#### Activity
Keeping every line intact, repeat the data word for word.

#### Records from a data source
○ ○ ○ ○ ○

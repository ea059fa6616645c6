// The day program: it reads an input and writes its day. No contract says what is read or written; what is to be believed stands in `day_print`.
#![tactic(auto)]

// Prints the day of an input, by way of a buffer that is lent for it: what stands at its front, or the line of the refusal.
fn print(input: &[u8], out: &mut [u8]) {
    let printed = day_print::day(input, out);
    match printed {
        Ok(n) => {
            if n <= out.len() {
                io::write_all(1, &out[0..n]);
            }
        }
        Err(r) => {
            io::write_all(1, &printed_frames::refusal_line(r));
        }
    }
}

// One byte more than an input may have is read, so that one that is too long is seen.
fn main() {
    let mut input = [0u8; 65537];
    let mut out = [0u8; 312511];
    let got = io::read_full(0, &mut input);
    print(&input[0..got], &mut out);
}
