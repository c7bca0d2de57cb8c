//! That the bytes which all links of a world carry are true.
#![tactic(auto)]

pub mod law;
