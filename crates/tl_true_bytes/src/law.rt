//! That the beats of a world's links come of one memory, and that no beat of it breaks a rule, as laws.

ghost use Rattle.tl_beat.specs.statement.Width.{IsWidth};
ghost use Rattle.tl_true_bytes.specs.statement.Concord.{Concord};
ghost use Rattle.tl_true_bytes.specs.statement.TrueWorlds.{TrueWorlds};
ghost use Rattle.tl_true_bytes.specs.statement.WorldRuns.{WorldRuns};

/// Whatever happens to a manager and its clients, the beats of their links come of a run of one memory.
pub fn comes_of_one_memory<const W: usize>()
    requires { IsWidth W }
    ensures { WorldRuns W }
{}

/// Whatever happens to a manager and its clients, each beat of a GrantData that their links carry has bytes that may be
/// granted, and each beat of an AccessAckData bytes that its request may bring.
pub fn carries_true_bytes<const W: usize>()
    requires { IsWidth W }
    ensures { TrueWorlds W }
{}

/// Whatever happens to a manager and its clients, no beat of their links, in the order of delivery, breaks a rule of
/// its link or of memory: a judge of all links finds nothing, whatever liberties the links have beyond those of their
/// profile.
pub fn breaks_no_rule_together<const W: usize>()
    requires { IsWidth W }
    ensures { Concord W }
{}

○ ○ ○ ○ ○

#### The answer
repository ea059fa6616645c6
// The day program: it reads an input and writes its day. No contract says what is read or written; what is to be believed stands in `day_print`.
#![tactic(auto)]

// Prints the day of an input, by way of a buffer that is lent for it: what stands at its front, or the line of the refusal.
fn print(input: &[u8], out: &mut [u8]) {
    let printed = day_print::day(input, out);
    match printed {
        Ok(n) => {
            if n <= out.len() {
                io::write_all(1, &out[0..n]);
            }
        }
        Err(r) => {
            io::write_all(1, &printed_frames::refusal_line(r));
        }
    }
}

// One byte more than an input may have is read, so that one that is too long is seen.
fn main() {
    let mut input = [0u8; 65537];
    let mut out = [0u8; 312511];
    let got = io::read_full(0, &mut input);
    print(&input[0..got], &mut out);
}
repository c7bca0d2de57cb8c
//! That the bytes which all links of a world carry are true.
#![tactic(auto)]

pub mod law;
filename crates/tl_true_bytes/src/law.rt
//! That the beats of a world's links come of one memory, and that no beat of it breaks a rule, as laws.

ghost use Rattle.tl_beat.specs.statement.Width.{IsWidth};
ghost use Rattle.tl_true_bytes.specs.statement.Concord.{Concord};
ghost use Rattle.tl_true_bytes.specs.statement.TrueWorlds.{TrueWorlds};
ghost use Rattle.tl_true_bytes.specs.statement.WorldRuns.{WorldRuns};

/// Whatever happens to a manager and its clients, the beats of their links come of a run of one memory.
pub fn comes_of_one_memory<const W: usize>()
    requires { IsWidth W }
    ensures { WorldRuns W }
{}

/// Whatever happens to a manager and its clients, each beat of a GrantData that their links carry has bytes that may be
/// granted, and each beat of an AccessAckData bytes that its request may bring.
pub fn carries_true_bytes<const W: usize>()
    requires { IsWidth W }
    ensures { TrueWorlds W }
{}

/// Whatever happens to a manager and its clients, no beat of their links, in the order of delivery, breaks a rule of
/// its link or of memory: a judge of all links finds nothing, whatever liberties the links have beyond those of their
/// profile.
pub fn breaks_no_rule_together<const W: usize>()
    requires { IsWidth W }
    ensures { Concord W }
{}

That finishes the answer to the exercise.